部屋に隠れた謎

家宇治 克

第1話 おじいちゃんの部屋の謎

 おじいちゃんの部屋は、いつもぐちゃぐちゃだ。

 本棚はタイトル順でも、作者順でもない。

 テーブルの上は、数日分の新聞でいっぱいだし、服も、あと少しでタンスなのに、床に落ちてる。


「おじいちゃん、部屋片付けなよ」


 僕がそう言っても、おじいちゃんは生返事で、一向に直す気がない。

 おばあちゃんはそれを見て、いつもクスクス笑っている。


「ねぇ、部屋汚くて嫌にならないの?」


 僕がおばあちゃんにそう聞くと、おばあちゃんは「いいえ」と首を横に振った。それどころか、楽しそうにしている。


「あの部屋でねぇ、私、今日の献立決めたり、あの人からの感謝を受け取っているのよ」


 あの汚い部屋からどうやって?

 僕が気になって尋ねてみると、おばあちゃんは少し困った顔で、ヒントだけ教えてくれた。


「服は食べ物、新聞は一日。本棚はメッセージなの」


 それ以上何も教えてくれなかったから、僕はもう一度、おじいちゃんの部屋に戻ってみる。




 僕は床に落ちた服を、じっと見つめる。

 服は食べ物、おばあちゃんはそう言っていた。

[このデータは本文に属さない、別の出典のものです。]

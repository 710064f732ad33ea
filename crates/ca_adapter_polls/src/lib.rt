//! Acts on completions: what a poll does with the parts in hand.
//!
//! To the layers above it promises that the act is the plan of its verb, carried out in the small world of what is held:
//! the same marks and changes, and where memory ends, none.
//!
//! Source: InfiniBand Architecture Specification Volume 1, the chapter on the verbs, Poll for Completion; the order of
//! refusals is this profile's choice.
#![tactic(auto)]

mod polls;

pub use polls::poll;
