//! Laws of endings: what the machine makes of histories. Its proofs go once through all ways in which an event can end,
//! for the laws on histories above. To the layers above it promises, as clauses of functions that do nothing, that the
//! marks of every event fit it: the first mark of a verb's event is its answer, no other mark is one, and a completion
//! is of the queue pair that its mark names; so every list of entries whose marks are the machine's is a history. And
//! that what the marks of a history tell of paths agrees with the world at each moment: incarnations, the peers that
//! were named, whom each mailbox accepts, how many envelopes were sent to it, and that those which it keeps are the
//! latest of them. So what can be delivered was sent, with the same bytes, and each packet that arrives in a history
//! was. They hold of the machine's definitions, and no code is in them.
//!
//! Source: this profile's choice; a history is what the relations on histories speak of.
#![tactic(auto)]

mod laws;

pub use laws::{
    deliverable_bytes_were_sent, event_keeps_paths_agreed, event_marks_fit,
    histories_agree_on_paths, machine_makes_histories, opening_agrees_on_paths,
    packets_arrive_as_sent, packets_have_their_indices,
};
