ghost use Rattle.std.specs.Prelude.{◌≡◌, ◌<◌, ◌≤◌, true, IfOk, IfSome, take};
ghost use Rattle.std.specs.Option.{option_map};
ghost use Rattle.ca_base.specs.declared.limits.TheConstants.{MAX_POLLED};
ghost use Rattle.ca_base.specs.objects.CompletionQueue.{after_polls};
ghost use Rattle.ca_base.specs.objects.QueuePair.{queue_in};
ghost use Rattle.ca_adapter_parts.specs.HeldView.{hold, holding};
ghost use Rattle.ca_model.specs.machine.CompletionVerbs.{poll_plan};
ghost use Rattle.ca_model.specs.machine.Frame.{AllPass};
ghost use Rattle.ca_model.specs.machine.World.{Cq_of, Queue_of, Srq_of};
ghost use Rattle.ca_model.specs.machine.CompletionVerbs as machine;
ghost use Rattle.ca_base.specs.objects.SharedReceives.{after_receive_retire};
ghost use Rattle.ca_srq.specs.Taken.{stands_once};
ghost use Rattle.ca_adapter_acts.specs.Act.{Acts, Suffices};
ghost use Rattle.ca_adapter_acts.specs.Calls.{call_of};
ghost use Rattle.ca_adapter_posts.specs.Posting.{slot_with};
ghost use Rattle.ca_adapter_polls.specs.Polling.{AreApart, AreOfOwnPlaces, CanFreeAll, CanFreeEach, CanFreeOf, CanRetire};
ghost use Rattle.ca_adapter_polls.specs.Polling.{after_freeing_all, after_freeing, with_places_free, place_of, places_of, polled_of, source_at};

use ca_adapter_acts::Call;
use ca_adapter_parts::{Held, QueueSlot};
use ca_base::limits::MAX_POLLED;
use ca_base::{ActError, Completion, Field, Memory, Reason, Slot};
use ca_cq::Cq;
use ca_model::{Answer, Completions, Mark, Marks, Refusal};
use ca_qpstate::QueuePart;
use std::alloc::Global;

/// Poll: the first completions are taken, at most so many, and the places that they stand for are free again. Refusals in
/// order are `NoSuch`, and `OutOfRange` where none, more than `MAX_POLLED` or fewer than at least are asked for. It is
/// not possible, `Empty`, while fewer wait than at least are asked for. `Memory` leaves all as it was.
#[tactic(auto, using(crate::proofs::PollLemmas::poll_places_held, crate::proofs::PollLemmas::poll_can_free, crate::proofs::PollLemmas::poll_acts))]
pub fn poll(
    call: &Call<'_>,
    held: &mut Held,
    slot: Slot,
    n: u8,
    least: u8,
) -> Result<Marks, ActError>
    requires suffices { Suffices held.old (poll_plan (call_of call.now) slot n least) }
    requires places { IfSome ((holding held.old).world.cq slot) (CanFreeEach slot (holding held.old).world) }
    requires once { IfSome ((holding held.old).world.cq slot) AreOfOwnPlaces }
    requires apart { IfSome ((holding held.old).world.cq slot) (AreApart (holding held.old).world) }
    ensures act { Acts result (poll_plan (call_of call.now) slot n least) held.old held.new }
{
    let Some(cq) = held.cq(slot) else {
        return Ok(call.refuse(Refusal::NoSuch)?);
    };
    if n == 0 || usize::from(n) > MAX_POLLED || n < least {
        return Ok(call.refuse(Refusal::OutOfRange(Field::Length))?);
    }
    let polled = first_completions(call.alloc, cq, n)?;
    let count = polled.as_slice().len() as u8;
    if count < least {
        return Err(ActError::NotReady(Reason::Empty));
    }
    let marks = call.answer_poll(Answer::Polled(polled))?;
    free_all(held, slot, polled_in(&marks));
    take_first(held, slot, count);
    Ok(marks)
}

/// The completions of which the mark of a poll tells.
#[inline(always)]
fn polled_in(marks: &Marks) -> &[Completion]
    ensures { result.now ≡ polled_of marks.now.marks }
{
    match marks.as_slice().first() {
        Some(
            Mark::Verb {
                answer: Answer::Polled(polled),
                ..
            },
        ) => polled.as_slice(),
        _ => &[],
    }
}

/// A copy of the first completions, as many as are asked for or as wait. One, which is asked for most often, is copied by
/// itself.
#[tactic(auto, using(crate::proofs::PollLemmas::none_listed, crate::proofs::PollLemmas::first_listed))]
#[inline(always)]
fn first_completions(alloc: Global, cq: &Cq, n: u8) -> Result<Completions, Memory>
    requires some { 0 < n }
    requires few { n ≤ MAX_POLLED }
    ensures { IfOk result (λ list. list ≡ take n cq.now.waiting) }
{
    let Some(first) = cq.at(0) else {
        return Ok(Completions::empty());
    };
    if n == 1 {
        return Ok(Completions::of_one(first));
    }
    // What comes of it is moved, so that a list of one need not lie where it writes.
    Ok(several_completions(alloc, cq, n)?)
}

/// The same, where several are asked for.
#[tactic(auto, using(crate::proofs::PollLemmas::one_listed))]
#[inline(never)]
fn several_completions(alloc: Global, cq: &Cq, n: u8) -> Result<Completions, Memory>
    requires few { n ≤ MAX_POLLED }
    ensures { IfOk result (λ list. list ≡ take n cq.now.waiting) }
{
    let mut list = Completions::empty();
    for i in 0..n {
        let Some(completion) = cq.at(u16::from(i)) else {
            return Ok(list);
        };
        list.push(alloc, completion)?;
    }
    Ok(list)
}

/// The first completions are taken from a completion queue that is held.
#[tactic(auto, using(ca_adapter_parts::proofs::HoldLemmas::put_cq))]
#[inline(always)]
fn take_first(held: &mut Held, slot: Slot, count: u8)
    requires { (holding held.old).has (Cq_of slot) ≡ true }
    ensures { holding held.new ≡ hold (holding held.old) (Cq_of slot)
        (option_map (after_polls count) ((holding held.old).world.cq slot)) }
{
    if let Some(cq) = held.cq_mut(slot) {
        take_from(cq, count);
    }
}

/// The first completions are taken, so many.
#[tactic(auto, using(crate::proofs::PollLemmas::one_taken))]
#[inline(always)]
fn take_from(cq: &mut Cq, count: u8)
    ensures { cq.new ≡ after_polls count cq.old }
{
    for _ in 0..count {
        let _ = cq.poll_first();
    }
}

/// What completions free is freed, one after another.
#[tactic(auto, using(crate::proofs::PollLemmas::freed_keeps))]
#[inline(always)]
fn free_all(held: &mut Held, slot: Slot, completions: &[Completion])
    requires cq { (holding held.old).has (Cq_of slot) ≡ true }
    requires held { AllPass (holding held.old).has
        (places_of slot ((holding held.old).world.cq slot) completions.now) }
    requires places { CanFreeAll slot ((holding held.old).world.cq slot) completions.now (holding held.old).world }
    ensures { holding held.new ≡ record (holding held.old) {
      world = after_freeing_all slot ((holding held.old).world.cq slot) completions.now (holding held.old).world;
    } }
{
    for completion in completions {
        let source = source_of(held, slot, completion);
        free_place(held, slot, source, completion);
    }
}

/// The shared receive queue of which a completion's receive was. That of a send is none, without a look.
#[tactic(auto, using(crate::proofs::PollLemmas::no_source))]
#[inline(always)]
fn source_of(held: &Held, slot: Slot, completion: &Completion) -> Option<u16>
    requires { (holding held.now).has (Cq_of slot) ≡ true }
    ensures { result ≡ source_at ((holding held.now).world.cq slot) completion.now }
{
    if completion.receive {
        receive_source(held, slot, completion)
    } else {
        None
    }
}

/// The same by what stands in the slot of the completion queue.
#[inline(never)]
fn receive_source(held: &Held, slot: Slot, completion: &Completion) -> Option<u16>
    requires { (holding held.now).has (Cq_of slot) ≡ true }
    ensures { result ≡ source_at ((holding held.now).world.cq slot) completion.now }
{
    match held.cq(slot) {
        Some(cq) => source_in_queue(cq, completion),
        None => None,
    }
}

/// The same by the completion queue.
fn source_in_queue(cq: &Cq, completion: &Completion) -> Option<u16>
    ensures { result ≡ machine.source_of_completion cq.now completion.now }
{
    if completion.receive {
        cq.source(completion.queue)
    } else {
        None
    }
}

/// What a completion frees is freed: by its source, a place of a shared receive queue, or those of its queue pair.
fn free_place(held: &mut Held, slot: Slot, source: Option<u16>, completion: &Completion)
    requires held { (holding held.old).has (place_of slot source completion.now) ≡ true }
    requires place { CanFreeOf slot source completion.now (holding held.old).world }
    ensures { holding held.new ≡ record (holding held.old) {
      world = after_freeing slot source completion.now (holding held.old).world;
    } }
{
    match source {
        Some(srq) => free_in_shared(
            held,
            Slot {
                domain: slot.domain,
                slot: srq,
            },
            completion.place,
        ),
        None => free_in_queue(held, completion),
    }
}

/// A place of a shared receive queue that is held is free again.
#[tactic(auto, using(ca_adapter_parts::proofs::HoldLemmas::put_srq))]
#[inline(never)]
fn free_in_shared(held: &mut Held, slot: Slot, place: u64)
    requires held { (holding held.old).has (Srq_of slot) ≡ true }
    requires once { IfSome ((holding held.old).world.srq slot).srq (λ z. stands_once place z.taken ≡ true) }
    ensures { holding held.new ≡ hold (holding held.old) (Srq_of slot) (record ((holding held.old).world.srq slot) {
      srq = option_map (after_receive_retire place) ((holding held.old).world.srq slot).srq;
    }) }
{
    if let Some(srq) = &mut held.srq_mut(slot).srq {
        srq.retire(place);
    }
}

/// The places of a queue pair that is held, up to that of a completion, are free again.
#[tactic(auto, using(ca_adapter_parts::proofs::HoldLemmas::put_queue))]
fn free_in_queue(held: &mut Held, completion: &Completion)
    requires held { (holding held.old).has (Queue_of completion.now.queue) ≡ true }
    requires place { IfSome (queue_in ((holding held.old).world.queue completion.now.queue)) (CanRetire completion.now) }
    ensures { holding held.new ≡ hold (holding held.old) (Queue_of completion.now.queue)
        (slot_with (with_places_free completion.now) ((holding held.old).world.queue completion.now.queue)) }
{
    if let QueueSlot::Present(queue) = held.queue_mut(completion.queue) {
        retire(queue, completion);
    }
}

/// The places of a queue pair up to that of a completion of it are free again.
fn retire(queue: &mut QueuePart, completion: &Completion)
    requires { CanRetire completion.now queue.old }
    ensures { queue.new ≡ with_places_free completion.now queue.old }
{
    if !completion.receive {
        queue.sends.retire(completion.place);
        return;
    }
    if let Some(receives) = &mut queue.receives {
        receives.retire(completion.place);
    }
}
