ghost use Rattle.std.specs.List.{AllByRecursion};
ghost use Rattle.std.specs.Prelude.{◌≡◌, ℕ, List, Some};
ghost use Rattle.ca_law_endings.specs.Agreement.{HoldsAlong, PathsAgree, WereSent};
ghost use Rattle.ca_law_endings.specs.Arrivals.{DoArriveAsSent};
ghost use Rattle.ca_law_endings.specs.Indices.{HaveTheirIndices};
ghost use Rattle.ca_law_endings.specs.Runs.{AreStamped, Comes};
ghost use Rattle.ca_base.specs.Configuration.{Configuration};
ghost use Rattle.ca_base.specs.objects.Mailbox.{bytes_lent};
ghost use Rattle.ca_keys.specs.Memory.{ByteMap};
ghost use Rattle.ca_keys.specs.declared.names.QueueId.{QueueId};
ghost use Rattle.ca_model.specs.Entries.{EntryValue};
ghost use Rattle.ca_model.specs.History.{FitTheEvent, IsHistory};
ghost use Rattle.ca_model.specs.Past.{Past, after_marks, at_begin, opening_past};
ghost use Rattle.ca_model.specs.declared.event.Event.{Event};
ghost use Rattle.ca_model.specs.machine.Run.{Follows};
ghost use Rattle.ca_model.specs.machine.Sound.{AreLimited, CanBeMade, IsSoundWorld};
ghost use Rattle.ca_model.specs.machine.Step.{step};
ghost use Rattle.ca_model.specs.machine.World.{World, opening_world};

/// The marks of every event, in every world, fit it: a verb's first mark is its answer, with the consumer and the verb of
/// the event, no other mark is one, and each completion is of the queue pair that its mark names.
pub fn event_marks_fit()
    ensures { (c : Configuration) (event : Event) (w : World)
        → Comes (λ v ms. FitTheEvent event ms) (step c w event) }
{}

/// Entries with stamps from 0 on, whose marks are those of the machine, are a history.
pub fn machine_makes_histories()
    ensures { (c : Configuration) (bytes : ByteMap) (es : List EntryValue) → AreStamped 0 es → Follows c bytes es
        → IsHistory es }
{}

/// Before the first event, past and world agree on paths.
pub fn opening_agrees_on_paths()
    ensures { (bytes : ByteMap) → PathsAgree (opening_past bytes) (opening_world bytes) }
{}

/// Every event in a sound world keeps the agreement on paths: its marks leave a past that agrees with the world that the
/// event leaves.
pub fn event_keeps_paths_agreed()
    ensures { (c : Configuration) (past : Past) (w : World) (event : Event) → IsSoundWorld c w → PathsAgree past w
        → Comes (λ v ms. PathsAgree (after_marks ms (at_begin event past)) v) (step c w event) }
{}

/// Past and world agree on paths at the beginning of a history that follows the machine, and after each of its entries.
pub fn histories_agree_on_paths()
    ensures { (c : Configuration) (bytes : ByteMap) (es : List EntryValue)
        → AreLimited c → AllByRecursion (λ e. CanBeMade e.event) es → Follows c bytes es
        → HoldsAlong PathsAgree c (opening_past bytes) (opening_world bytes) es }
{}

/// Where past and world agree on paths, what can be delivered to a queue pair by an index was sent to it with this
/// index: by an envelope among the latest that are kept, which is not lost, and since then the queue pair was neither
/// reset nor destroyed.
pub fn deliverable_bytes_were_sent()
    ensures { (c : Configuration) (past : Past) (w : World) (q : QueueId) (index : ℕ) (arrived : List ℕ)
        → IsSoundWorld c w → PathsAgree past w → bytes_lent index (w.mailbox q) ≡ Some arrived
        → WereSent past q index arrived }
{}

/// In a history that follows the machine each packet that is sent has the next index of its target exactly where a path
/// leads there: where each of the two has named the other with the other's present incarnation. This is the part of
/// Carried that speaks of indices.
pub fn packets_have_their_indices()
    ensures { (c : Configuration) (bytes : ByteMap) (es : List EntryValue) → AreLimited c
        → AllByRecursion (λ e. CanBeMade e.event) es → Follows c bytes es
        → HaveTheirIndices bytes es }
{}

/// In a history that follows the machine each packet that arrives by an index is among the latest 256 that were sent
/// to its queue pair, is not lost, and the queue pair was neither reset nor destroyed since; one without an index is
/// injected by its event. This is the part of Carried that speaks of arrivals.
pub fn packets_arrive_as_sent()
    ensures { (c : Configuration) (bytes : ByteMap) (es : List EntryValue) → AreLimited c
        → AllByRecursion (λ e. CanBeMade e.event) es → Follows c bytes es
        → DoArriveAsSent bytes es }
{}
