//! The locks of all sessions.

ghost use Rattle.std.specs.Prelude.{◌≡◌, ◌+◌, ◌≤◌, ◌^◌, [], length, replicate, None, IfOk, OnErr, OnOk};
ghost use Rattle.lock_table.specs.Held.{nothing};
ghost use Rattle.lock_table.specs.Locks.{after_asking, after_end, busy_with, granted, locked_by, row_lock, table_lock, with_locks, IsFirstInWay};
ghost use Rattle.lock_table.specs.Modes.{mode_of};

use crate::fault::{ClaimFault, LockFault};
use crate::held::SessionLocks;
use crate::lock::{Lock, LockMode, RowKey, TableLock, Upkeep};
use std::alloc::{AllocError, Global};
use std::marker::Model;

/// The locks of all sessions.
///
/// Contracts see the list of what each session holds, at the place of its number.
#[derive(Debug, Drop)]
pub struct Locks {
    sessions: Vec<SessionLocks>,
}

impl Model for Locks {
    ghost use Rattle.std.specs.Prelude.{List, ◌≤◌, ◌^◌, length};
    ghost use Rattle.lock_table.specs.declared.held.SessionLocks.{SessionLocks};

    ghost Value = { List SessionLocks };

    ghost view = { λ locks. locks.sessions.items };

    ghost invariant = { λ locks. length locks.sessions.items ≤ 2 ^ 16 };
}

// A key goes by reference into a function of its own, whose proof then knows its range.
fn lock_of_row(table: u16, key: &i64) -> Lock
    ensures { result ≡ row_lock table key.now }
{
    Lock::Row(RowKey { table, key: *key })
}

fn lock_of_table(table: u16, mode: LockMode) -> Lock
    ensures { result ≡ table_lock table mode }
{
    Lock::Table(TableLock { table, mode })
}

/// The least other session that is in the way of a session's lock, if there is one.
fn first_in_way(sessions: &[SessionLocks], session: u16, lock: &Lock) -> Option<u16>
    requires { length sessions.now ≤ 2 ^ 16 }
    ensures { IsFirstInWay sessions.now session lock.now result }
{
    for (other, held) in sessions.iter().enumerate() {
        if other != session as usize && held.is_in_way(lock) {
            return Some(other as u16);
        }
    }
    None
}

/// Writes a session's locks at its place, past the end of the list; the places before it hold none.
fn put_past(
    sessions: &mut Vec<SessionLocks>,
    session: u16,
    held: SessionLocks,
) -> Result<(), AllocError>
    requires { length sessions.old.items ≤ session }
    ensures ok { OnOk result (sessions.new.items ≡ with_locks sessions.old.items session held) }
    ensures err { OnErr result (sessions.new.items ≡ sessions.old.items) }
{
    let alloc = *sessions.allocator();
    let mut more = Vec::new(alloc);
    for _place in sessions.len()..session as usize {
        more.push(SessionLocks::new(alloc))?;
    }
    more.push(held)?;
    sessions.append(&mut more)?;
    Ok(())
}

impl Locks {
    /// No session holds anything, which takes no memory.
    pub fn new(alloc: Global) -> Self
        ensures { result ≡ [] }
    {
        Locks {
            sessions: Vec::new(alloc),
        }
    }

    /// No session holds anything, and those up to this number have their places, so that none is added
    /// for a lock of theirs.
    pub fn for_sessions(alloc: Global, sessions: u16) -> Result<Self, AllocError>
        ensures { IfOk result (λ locks. locks ≡ replicate (sessions + 1) nothing) }
    {
        let mut places = Vec::new(alloc);
        for _ in 0..sessions {
            places.push(SessionLocks::new(alloc))?;
        }
        // Place 0 is nobody's.
        places.push(SessionLocks::new(alloc))?;
        Ok(Locks { sessions: places })
    }

    /// Adds a lock to those of a session.
    fn grant(&mut self, session: u16, lock: &Lock) -> Result<(), AllocError>
        ensures ok { OnOk result (self.new ≡ granted self.old session lock.now) }
        ensures err { OnErr result (self.new ≡ self.old) }
    {
        let place = session as usize;
        if place < self.sessions.len() {
            self.sessions[place].lock(lock)?;
            Ok(())
        } else {
            let mut held = SessionLocks::new(*self.sessions.allocator());
            held.lock(lock)?;
            put_past(&mut self.sessions, session, held)?;
            Ok(())
        }
    }

    /// Asks for a lock: the least other session that is in the way, or none and the lock is granted.
    fn ask(&mut self, session: u16, lock: &Lock) -> Result<Option<u16>, AllocError>
        ensures in_way { IfOk result (IsFirstInWay self.old session lock.now) }
        ensures after { IfOk result (λ other. self.new ≡ after_asking self.old session lock.now other) }
        ensures err { OnErr result (self.new ≡ self.old) }
        ensures free { OnErr result (IsFirstInWay self.old session lock.now None) }
    {
        let other = first_in_way(&self.sessions, session, lock);
        if other.is_none() {
            self.grant(session, lock)?;
        }
        Ok(other)
    }

    /// A session's transaction uses a table, to the session's end.
    ///
    /// # Errors
    /// `Locked` names the least other session that rewrites the table, exactly where there is one.
    /// After an error all is as before.
    pub fn use_table(&mut self, session: u16, table: u16) -> Result<(), LockFault>
        ensures refused { IsFirstInWay self.old session (table_lock table LockMode.Use) (locked_by result) }
        ensures ok { OnOk result (self.new ≡ granted self.old session (table_lock table LockMode.Use)) }
        ensures err { OnErr result (self.new ≡ self.old) }
    {
        match self.ask(session, &lock_of_table(table, LockMode::Use))? {
            Some(session) => Err(LockFault::Locked { session }),
            None => Ok(()),
        }
    }

    /// A session starts upkeep of a table, and runs it to the session's end.
    ///
    /// # Errors
    /// `Locked` names the least other session that runs upkeep of the table which conflicts, or, for
    /// a rewrite, uses the table, exactly where there is one. After an error all is as before.
    pub fn start(&mut self, session: u16, table: u16, kind: Upkeep) -> Result<(), LockFault>
        ensures refused { IsFirstInWay self.old session (table_lock table (mode_of kind)) (locked_by result) }
        ensures ok { OnOk result (self.new ≡ granted self.old session (table_lock table (mode_of kind))) }
        ensures err { OnErr result (self.new ≡ self.old) }
    {
        match self.ask(session, &lock_of_table(table, kind.mode()))? {
            Some(session) => Err(LockFault::Locked { session }),
            None => Ok(()),
        }
    }

    /// A session claims a row that it is to change, to the session's end.
    ///
    /// # Errors
    /// `Busy` names the other session that has claimed the row, exactly where there is one. After an
    /// error all is as before.
    pub fn claim(&mut self, session: u16, table: u16, key: i64) -> Result<(), ClaimFault>
        ensures refused { IsFirstInWay self.old session (row_lock table key) (busy_with result) }
        ensures ok { OnOk result (self.new ≡ granted self.old session (row_lock table key)) }
        ensures err { OnErr result (self.new ≡ self.old) }
    {
        match self.ask(session, &lock_of_row(table, &key))? {
            Some(session) => Err(ClaimFault::Busy { session }),
            None => Ok(()),
        }
    }

    /// A session gives up all that it holds; the others keep what they hold.
    pub fn end(&mut self, session: u16)
        ensures { self.new ≡ after_end self.old session }
    {
        let alloc = *self.sessions.allocator();
        if let Some(held) = self.sessions.get_mut(session as usize) {
            *held = SessionLocks::new(alloc);
        }
    }
}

けれど、どこが食べ物なのか。


 赤いワイシャツの上に、青いズボンが真っ直ぐ伸ばされている。見れば見るほど、おじいちゃんがだらしないだけに見える。


 次にテーブルの上を見る。

 新聞を広げたまま置いているから、ページが落ちている。

 野球の大見出しと、海の写真。それが何を指すのだろう。


 最後に本棚を見る。

 デタラメな並びに、サイズも違う。他の棚は綺麗なのに。下から四段目ほどの高さだけが、そうなのだ。

 物語の頭文字かと思ったが、並び同様デタラメで。

 これのどこにメッセージが?


 おじいちゃんが帰ってくる前に、おばあちゃんの言っていたことを解き明かしたいが、僕では分かりそうにない。


 しばらく悩んで、考えたが、どうしても無理だ。

 諦めておばあちゃんを呼ぶ。おばあちゃんは、部屋の様子を見て、ちょっと嬉しそうに笑っていた。


「おばあちゃん、分からないや」


「うふふ、そうよねぇ」


 おばあちゃんはそう言って、僕にこっそり教えてくれた。


「おじいちゃんは、今日は釣りに行ってくるみたいねぇ。釣った魚を、焼いて欲しいのね。今日は私の誕生日だから、張り切ってるみたい」


 この汚い部屋のどこを見て、そんなことが分かるんだ。僕が答え合わせをせがむと、おばあちゃんは「内緒よ」と唇に指を当てる。


「あのお洋服はね。魚を焼いているのよ。赤い服を火に見立てて、ズボンをね、魚にしてるの。ほら、そうやって見ると簡単でしょ」


 おばあちゃんは次に、テーブルを指さした。


「あれはね、テーブルの上から順番に見るの。野球の写真に、海の写真で釣りをさすのよ」


「どうして野球の写真を?」


「竿もボールも、投げるものでしょう」


 なるほど、かけているのか。

 僕が納得すると、おばあちゃんは本棚を指さした。

 物語の頭文字でも、作者の名前でもないから、どこを見るべきか分からなかった。


「これはね、おじいさんの思いやりなのよ」


 ──これが?

 どこがどう思いやりなのか。


 おばあちゃんは部屋に入っていくと、本棚の前に立つ。

 そして、僕に振り返った。


「私、背が低いでしょう?」


 そう言われて、僕はようやく気がついた。

 見るべきは、頭文字でも、最後の一文字でもない。


 真ん中の文字だった。


 おばあちゃんの目線に合わせて並べられた文字は、『お誕生日おめでとう』と読めた。


 おばあちゃんは恥ずかしそうに笑って、教えてくれる。


「これねぇ、私とおじいさんが若い時に始めたことなのよ」


 言葉にするのが苦手なおじいちゃんが、おばあちゃんに伝えるための、精一杯のことなのだという。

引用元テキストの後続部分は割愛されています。